見出し画像

アイルランド語

アイルランドの公用語は、英語とアイルランド語(ゲール語)です。
表紙の言葉はスロンチャと発音する私の唯一知っているゲール語で、乾杯という意味です。

ゲール語が昔からアイルランドで使われていた言語ですが、17世紀頃にアイルランドが英国植民地となった頃から、徐々に英語に取って代わられており、今ではゲール語を日常的に話す人々は、アイルランド西部の限られた地域に住むのみです。

英国が英語を強制したこともありますが、ビジネス上の有用性からも英語が重宝され、現在では全人口の2-3%の人々しか話していない言語です。

それにもかかわらず、ゲール語は今も小学生から高校までのカリキュラムに必修科目として組み込まれており、アイルランド人達は日常で使わないゲール語を学習します。

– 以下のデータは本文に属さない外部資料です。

//! What handles lead to.
use mb_channel::Stored;

/// What a handle leads to.
#[derive(Drop)]
pub enum Thing {
    /// A sender or a receiver, whatever it owes.
    OfEnd(Stored<u64>),
    /// Nothing yet, or nothing any more. No handle that leaves a call leads to it.
    OfNothing,
}

/// What a caller has to do for those that sleep.
#[repr(C)]
#[derive(Clone, Copy)]
pub struct WakeOut {
    /// The number of the segment where the threads sleep, or where the receiver is to sleep.
    pub place: u64,
    /// How many threads to wake that sleep there: 0 or 1.
    pub threads: u32,
    /// Whether the end still owes something: 0 or 1. With 1, call `hz_channel_pay` until it is 0.
    pub owes: u32,
}

/// Takes each type that may go from thread to thread.
fn crosses_threads<T: Send>() {}

/// A thing may go from thread to thread. The proof is that this function is accepted.
pub fn things_cross_threads() {
    crosses_threads::<Thing>();
}
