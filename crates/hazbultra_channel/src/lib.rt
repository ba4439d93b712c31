//! The channel for C, and for languages that can call C. `bindings/c/hazbultra_channel.h` says what each call does and
//! what its caller has to keep to.
//!
//! A handle is the address of a box, and leads to an end of a channel, or to nothing. Each call makes a few accesses
//! and never waits. It tells its caller which threads to wake, and when to sleep.
//!
//! `hz_channel_new` and `hz_channel_another` take memory for one box an end. `hz_channel_send` and `hz_channel_receive`
//! take memory for a segment. No other call takes memory.
#![tactic(auto)]

mod calls;
mod codes;
mod counting;
mod create;
mod going;
mod handle;
mod paying;
mod thing;

pub use thing::things_cross_threads;
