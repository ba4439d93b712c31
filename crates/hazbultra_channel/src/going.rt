//! The calls that close a channel, and let an end go.
ghost use Rattle.std.specs.Prelude.{◌≡◌, ◌≢◌, ◌↔◌, ◌⊎◌, ◌<◌, IfNone, IfSome, None};
ghost use Rattle.mb_channel.specs.Standing.{HasCut};
ghost use Rattle.mb_channel.specs.declared.held.Held.TheVariants as held;
ghost use Rattle.hazbultra_channel.specs.Ends.{EndMade, EndWent, HasRetired, IsAsleep, IsAtRest, IsEnd, IsGoing, MayGo};
ghost use Rattle.hazbultra_channel.specs.Ends.{IsNoWake, IsSending, IsWake, OnlyTold, Retires, WasTold, place_held};
ghost use Rattle.hazbultra_channel.specs.declared.codes.TheConstants.{AGAIN, BAD_HANDLE, DONE};

use crate::codes::{AGAIN, BAD_HANDLE, DONE};
use crate::handle::End;
use crate::paying::pay_some;
use crate::thing::{Thing, WakeOut};
use mb_channel::{Departing, Held, KeptSender, Stored};
use std::mem;

/// Closes the channel, for ever. The call returns `DONE` if that is done, `AGAIN` if it has to be called again, and
/// `BAD_HANDLE` if the handle leads to no sender.
#[unsafe(no_mangle)]
pub extern "C" fn hz_channel_close(sender: &mut End, wake: &mut WakeOut) -> u32
    ensures told { result ≢ BAD_HANDLE
        → EndWent (OnlyTold wake.new.threads) sender.old.block.thing sender.new.block.thing }
    ensures done { result ≡ DONE → EndMade WasTold sender.new.block.thing }
    ensures told_on { EndMade WasTold sender.old.block.thing
        → EndMade WasTold sender.new.block.thing }
    ensures rest { result ≢ BAD_HANDLE → wake.new.owes ≡ 0
        → EndMade IsAtRest sender.new.block.thing }
    ensures bad { (result ≡ BAD_HANDLE) ↔ (EndMade IsSending sender.old.block.thing → ⊥) }
    ensures same { result ≡ BAD_HANDLE → sender.new.block.thing ≡ sender.old.block.thing }
    ensures still { result ≢ BAD_HANDLE → EndMade IsSending sender.new.block.thing }
    ensures codes { (result ≡ DONE) ⊎ (result ≡ AGAIN) ⊎ (result ≡ BAD_HANDLE) }
    ensures wake { IsWake wake.new }
    ensures no_wake { result ≡ BAD_HANDLE → IsNoWake wake.new }
    ensures place { 0 < wake.new.threads
        → EndMade (λ k. wake.new.place ≡ place_held k) sender.new.block.thing }
{
    wake.threads = 0;
    wake.owes = 0;
    let Some(opened) = sender.lend() else {
        return BAD_HANDLE;
    };
    let Thing::OfEnd(stored) = mem::replace(opened, Thing::OfNothing) else {
        return BAD_HANDLE;
    };
    let (held, code) = match stored.take() {
        Held::OfSender(kept) => close(kept, wake),
        other => (other, BAD_HANDLE),
    };
    *opened = Thing::OfEnd(Stored::new(held));
    code
}

fn close(kept: KeptSender<u64>, wake: &mut WakeOut) -> (Held<u64>, u32)
    requires { (wake.old.threads ≡ 0) × (wake.old.owes ≡ 0) }
    ensures told { OnlyTold wake.new.threads (held.OfSender kept) result.0 }
    ensures done { result.1 ≡ DONE → WasTold result.0 }
    ensures told_on { WasTold (held.OfSender kept) → WasTold result.0 }
    ensures rest { wake.new.owes ≡ 0 → IsAtRest result.0 }
    ensures codes { (result.1 ≡ DONE) ⊎ (result.1 ≡ AGAIN) }
    ensures sending { IsSending result.0 }
    ensures wake { IsWake wake.new }
    ensures place { 0 < wake.new.threads → wake.new.place ≡ place_held result.0 }
{
    let sender = match kept.take() {
        Ok(sender) => sender,
        Err(owing) => return (pay_some(Held::OfSender(owing.keep()), wake), AGAIN),
    };
    match sender.try_close() {
        Ok((sender, true)) => (Held::OfSender(sender.keep()), DONE),
        Ok((sender, false)) => (Held::OfSender(sender.keep()), AGAIN),
        Err(owing) => (pay_some(Held::OfSender(owing.keep()), wake), AGAIN),
    }
}

/// Lets an end go for good. The call returns `DONE` if that is done: the end owed nothing, and the handle leads to
/// nothing. It returns `AGAIN` if it has to be called again, and `BAD_HANDLE` if the handle leads to no end. An end
/// that has to be freed again can do nothing else.
#[unsafe(no_mangle)]
pub extern "C" fn hz_channel_free(end: &mut End, wake: &mut WakeOut) -> u32
    ensures done { result ≡ DONE → (end.new.block.thing ≡ None)
        × EndMade MayGo end.old.block.thing }
    ensures again { result ≡ AGAIN
        → EndWent (IsGoing wake.new.threads) end.old.block.thing end.new.block.thing }
    ensures retires { result ≡ AGAIN
        → EndWent Retires end.old.block.thing end.new.block.thing }
    ensures rest { result ≡ AGAIN → wake.new.owes ≡ 0 → EndMade IsAtRest end.new.block.thing }
    ensures bad { (result ≡ BAD_HANDLE) ↔ (EndMade IsEnd end.old.block.thing → ⊥) }
    ensures same { result ≡ BAD_HANDLE → end.new.block.thing ≡ end.old.block.thing }
    ensures codes { (result ≡ DONE) ⊎ (result ≡ AGAIN) ⊎ (result ≡ BAD_HANDLE) }
    ensures wake { IsWake wake.new }
    ensures no_wake { result ≢ AGAIN → IsNoWake wake.new }
    ensures place { 0 < wake.new.threads
        → EndMade (λ k. wake.new.place ≡ place_held k) end.new.block.thing }
{
    wake.threads = 0;
    wake.owes = 0;
    let Some(mut opened) = end.take() else {
        return BAD_HANDLE;
    };
    let Thing::OfEnd(stored) = mem::replace(&mut *opened, Thing::OfNothing) else {
        end.give(opened);
        return BAD_HANDLE;
    };
    match go(stored.take(), wake) {
        None => DONE,
        Some(held) => {
            *opened = Thing::OfEnd(Stored::new(held));
            end.give(opened);
            AGAIN
        }
    }
}

/// A step of an end that goes. `None` once it has gone.
fn go(held: Held<u64>, wake: &mut WakeOut) -> Option<Held<u64>>
    requires { (wake.old.threads ≡ 0) × (wake.old.owes ≡ 0) }
    ensures gone { IfNone result (MayGo held) }
    ensures going { IfSome result (IsGoing wake.new.threads held) }
    ensures retires { IfSome result (Retires held) }
    ensures rest { wake.new.owes ≡ 0 → IfSome result IsAtRest }
    ensures wake { IsWake wake.new }
    ensures no_wake { IfNone result (IsNoWake wake.new) }
    ensures place { 0 < wake.new.threads
        → IfSome result (λ k. wake.new.place ≡ place_held k) }
{
    match held {
        // It stays in the handle until it has cut what it has to.
        Held::OfSender(kept) => Some(retire(kept, wake)),
        Held::OfReceiver(receiver) => depart(receiver.retire(), wake),
        Held::OfDeparting(departing) => depart(departing, wake),
        owing => Some(pay_some(owing, wake)),
    }
}

fn retire(kept: KeptSender<u64>, wake: &mut WakeOut) -> Held<u64>
    requires { (wake.old.threads ≡ 0) × (wake.old.owes ≡ 0) }
    ensures going { IsGoing wake.new.threads (held.OfSender kept) result }
    ensures retires { Retires (held.OfSender kept) result }
    ensures rest { wake.new.owes ≡ 0 → IsAtRest result }
    ensures wake { IsWake wake.new }
    ensures place { 0 < wake.new.threads → wake.new.place ≡ place_held result }
{
    match kept.take() {
        Ok(sender) => match sender.try_retire() {
            Ok(departing) => Held::OfDeparting(departing),
            Err(sender) => Held::OfSender(sender.keep()),
        },
        Err(owing) => pay_some(Held::OfSender(owing.keep()), wake),
    }
}

fn depart(departing: Departing<u64>, wake: &mut WakeOut) -> Option<Held<u64>>
    requires { (wake.old.threads ≡ 0) × (wake.old.owes ≡ 0) }
    ensures gone { IfNone result (HasCut departing) }
    ensures going { IfSome result (OnlyTold wake.new.threads (held.OfDeparting departing)) }
    ensures retired { HasRetired (held.OfDeparting departing) → IfSome result HasRetired }
    ensures awake { IfSome result (λ k. IsAsleep k → ⊥) }
    ensures rest { wake.new.owes ≡ 0 → IfSome result IsAtRest }
    ensures wake { IsWake wake.new }
    ensures no_wake { IfNone result (IsNoWake wake.new) }
    ensures place { 0 < wake.new.threads
        → IfSome result (λ k. wake.new.place ≡ place_held k) }
{
    match departing.try_go() {
        Ok(None) => None,
        Ok(Some(departing)) => Some(Held::OfDeparting(departing)),
        Err(cutter) => Some(pay_some(Held::OfCutter(cutter), wake)),
    }
}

アイルランドでは、子供達にゲール語を学習させるべきか否かという論争が長く存在し、学習させるべきとの意見の根拠としては、ゲール語及びゲール語文化を守ろうとされています。
言葉は思考や文化の礎ですからね。

私はこの議論では反対派を支持しており、ゲール語の義務教育は廃止されるべきと考えています。
子供達に使わない言語を、義務で10年超学ばせることは有意義な時間の使い方と思えません。

ゲール語は美しいし、ゲール文化も尊重されるべき重厚な文化です。でも使われない言語って、既に実用的なものから芸術文化的なものへと変遷していると思っています。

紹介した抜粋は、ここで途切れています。